Volume 4 1932~1936


Doc No.
Date
Subject

No. 330 NAI DFA 19/50A

Extracts from a confidential report from Charles Bewley to
Joseph P. Walshe (Dublin)
(43/33)

Berlin, 1 April 1935

[matter omitted]

The opinion seems to be growing here in diplomatic circles that the German aggression [in the Rhineland] was undertaken with the connivance of England, and that the English Foreign Secretary's speech in which he reminded the House of Commons that England was bound by the Locarno Treaty to give help to France was merely intended to provoke a reaction in English 'public opinion' sufficient to absolve England from keeping her word. To judge by the apparently genuine confidence of the German authorities, it may be conjectured that they have received assurances to this effect, and realize that any apparent protests in England against their breach of Locarno are merely staged for the sake of appearances and will never be translated into action against Germany. This being so, there remain, so far as one can judge, two possibilities: either the French Government will be induced to agree to negotiations on Hitler's proposals without any 'gesture' on his part, which would be a definite triumph for German diplomacy, or the negotiations will not take place, Germany will continue to fortify the Rhineland without opposition except of a verbal nature, and can afford to ignore the consultations of the English and French general staffs, knowing that the British Government will never act - which would also represent a success for Germany.

It is thought here that a British-German air agreement will probably be the next step in the general rapprochement between the two countries, and in this connection it may be recalled that Lord Londonderry visited Berlin about six weeks ago. The Czech Minister told me that he had asked the British Ambassador whether the visit was of any political importance, and had received the answer that (1) Lord Londonderry had been dismissed with some ignominy from the Baldwin Cabinet and represented no one except himself; (2) his visit was purely private; (3) the British Embassy had deprecated his visit and told him that it would not give any entertainments in his honour on account of the official mourning. I suggested that the proofs of the private nature of the visit were so well thought out as to give rise to very great suspicion, and my informant said that the same idea had occurred to him, especially when Lord Londonderry was entertained on a colossal style by the Air Minister, General Goering, who has perhaps less sense than the English for the finer side of diplomacy.

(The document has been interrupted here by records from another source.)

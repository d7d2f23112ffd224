//! The own entries of a text's tags.

ghost use Rattle.std.specs.Prelude.{◌≡◌, ◌↔◌, ◌<◌, ◌∷◌, [], IfOk, IsTrue, length};
ghost use Rattle.ux_lexical_tables.specs.Kept.{row_of};
ghost use Rattle.ux_lexical_tables.specs.Tables.{IsSimpleForm};
ghost use Rattle.ux_apply.specs.Kept.{AreRowsUpTo, IsOwnRow};

use crate::compounds::put_row;
use std::alloc::Global;
use std::collections::BTreeMap;
use ux_alphabet::Alphabet;
use ux_base::Mem;
use ux_dela::Entry;
use ux_lexical_tables::Tagged;
use ux_tokens::Text;

/// The own entries of the tags whose forms have letters alone.
pub(crate) fn tagged(alloc: Global, text: &Text, alphabet: &Alphabet) -> Mem<Tagged>
    ensures { IfOk result (AreRowsUpTo (IsOwnRow alphabet.now text.now) (length text.now)) }
{
    let mut rows = BTreeMap::new(alloc);
    for place in 0..text.len() {
        let row = own_simple(alloc, text, place, alphabet)?;
        put_row(&mut rows, place, row)?;
    }
    Ok(rows)
}

/// The own simple entry of the token at the place, if it is a tag and has one.
fn own_simple(alloc: Global, text: &Text, place: usize, alphabet: &Alphabet) -> Mem<Vec<Entry>>
    requires { place < length text.now }
    ensures { IfOk result (λ row. IsOwnRow alphabet.now text.now place row.items) }
{
    match text.tag(place) {
        Some(entry) => if_simple(alloc, entry, alphabet),
        None => Ok(Vec::new(alloc)),
    }
}

/// The entry, if its form has letters alone.
fn if_simple(alloc: Global, entry: &Entry, alphabet: &Alphabet) -> Mem<Vec<Entry>>
    ensures letters { IfOk result (λ row.
        IsSimpleForm alphabet.now entry.now → row.items ≡ entry.now ∷ []) }
    ensures others { IfOk result (λ row.
        (IsSimpleForm alphabet.now entry.now → ⊥) → row.items ≡ []) }
{
    let mut row = Vec::new(alloc);
    if !is_simple(entry, alphabet) {
        return Ok(row);
    }
    row.push(entry.copy()?)?;
    Ok(row)
}

/// Whether the form has letters alone.
pub(crate) fn is_simple(entry: &Entry, alphabet: &Alphabet) -> bool
    ensures { IsTrue result ↔ IsSimpleForm alphabet.now entry.now }
{
    let mut simple = true;
    for c in entry.form.as_str().chars() {
        if !alphabet.is_letter(c) {
            simple = false;
        }
    }
    simple
}
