//! An automaton with the lists of codes in which its forms end.

ghost use Rattle.std.specs.Prelude.{◌≡◌, All};
ghost use Rattle.ux_image_lexicon.specs.Told.{CodedForms, IsCoded};

use crate::codes::ReadList;
use std::marker::Model;
use ux_dawg::States;

/// The states of an automaton, and the lists of codes in which its forms end. Contracts see both.
#[derive(Drop)]
pub struct Coded {
    states: States,
    lists: Vec<ReadList>,
}

impl Model for Coded {
    ghost use Rattle.ux_image_lexicon.specs.Told.{CodedForms, IsCoded};

    ghost Value = { CodedForms };

    ghost view = { λ coded. record { states = coded.states; lists = coded.lists.items } };

    ghost invariant = { λ coded. IsCoded (record {
      states = coded.states;
      lists = coded.lists.items;
    }) };
}

impl Coded {
    /// These states and lists.
    pub(crate) fn new(states: States, lists: Vec<ReadList>) -> Coded
        requires { IsCoded (record { states = states; lists = lists.items }) }
        ensures states { result.states ≡ states }
        ensures lists { result.lists ≡ lists.items }
    {
        Coded { states, lists }
    }

    /// The states, by number. The last one is the root.
    pub(crate) fn states(&self) -> &States
        ensures value { result.now ≡ self.now.states }
        ensures is { IsCoded self.now }
    {
        &self.states
    }

    /// The lists of codes, by number.
    pub(crate) fn lists(&self) -> &[ReadList]
        ensures { result.now ≡ self.now.lists }
    {
        &self.lists
    }
}
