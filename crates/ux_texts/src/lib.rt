//! The alphabet of a command, and the text that is cut by its letters.
//!
//! File names go in, and what the readers make of the files comes out, or the stop that names the first
//! file that isn't accepted. What the files of each kind are stands in `specs/Texts.antt`, and that they
//! are sound in `proofs/TextLaws.antt`.
//!
//! Begin with `alphabets`: `read_alphabet` reads the letters. `texts` has the calls that read a text in
//! them: `read_text` its tokens, `read_token_file` only what the token file tells of them.
//!
//! ```text
//! let (alphabet, text) = read_letters_and_text(alloc, text, alphabet, false, folder)?;
//! ```
#![tactic(auto)]

pub mod alphabets;
pub mod texts;

pub use alphabets::read_alphabet;
pub use texts::{read_letters_and_text, read_text, read_token_file};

It may possibly be worth while mentioning that the attitude of the British Embassy here, so far as it concerns itself with the question at all, is definitely anti-Irish. To give two quite trifling instances: the President of the Olympic Games, Lewald, told me a day or two ago that he had specially asked the British Ambassador whether the title of the King was not King of Great Britain and Northern Ireland and the Dominions beyond the Seas, to which Sir Eric Phipps replied that the title was King of Great Britain and Ireland and that it was ridiculous to suggest that there had been any change. Similarly the wife of a former German Ambassador told me that she (as a friend of Sir Roger Casement during his stay in Berlin) had asked the British Ambassador whether the poverty in Ireland was not due to the English Government, to which he replied that it was the fault of the Irish themselves, that the Irish who owned the land preferred to spend their money in London and do nothing for their tenants. I said that I did not think even Sir Eric Phipps could be so ignorant as not to know that the land of Ireland had been confiscated by the British Government and distributed among its own supporters. These are of course very trifling instances, but they would appear to show that protestations on the Irish side of goodwill towards England are not likely to find favourable response, and are only taken as a tribute to the superiority of England. Everything that I see leads me to believe that a definite and vigorous anti-English policy would here at least win us far more respect that we at present enjoy. Everything from the President's declaration that Ireland would never be used as a base hostile to England to the adoption by Saorstát Éireann of sanctions against Italy is represented as due to the fact that the Irish people recognize in their hearts that English rule is the best and that English policy will always in the long run be followed by Ireland in times of crisis.

[matter omitted]

I would be much obliged if you would inform me what is the exact position as regards the King's title, as in the official proclamation he was referred to as King of Great Britain and Ireland and of the Dominions beyond the Seas.1

[signed] C. Bewley

1 This sentence has been highlighted by pen in the left hand margin.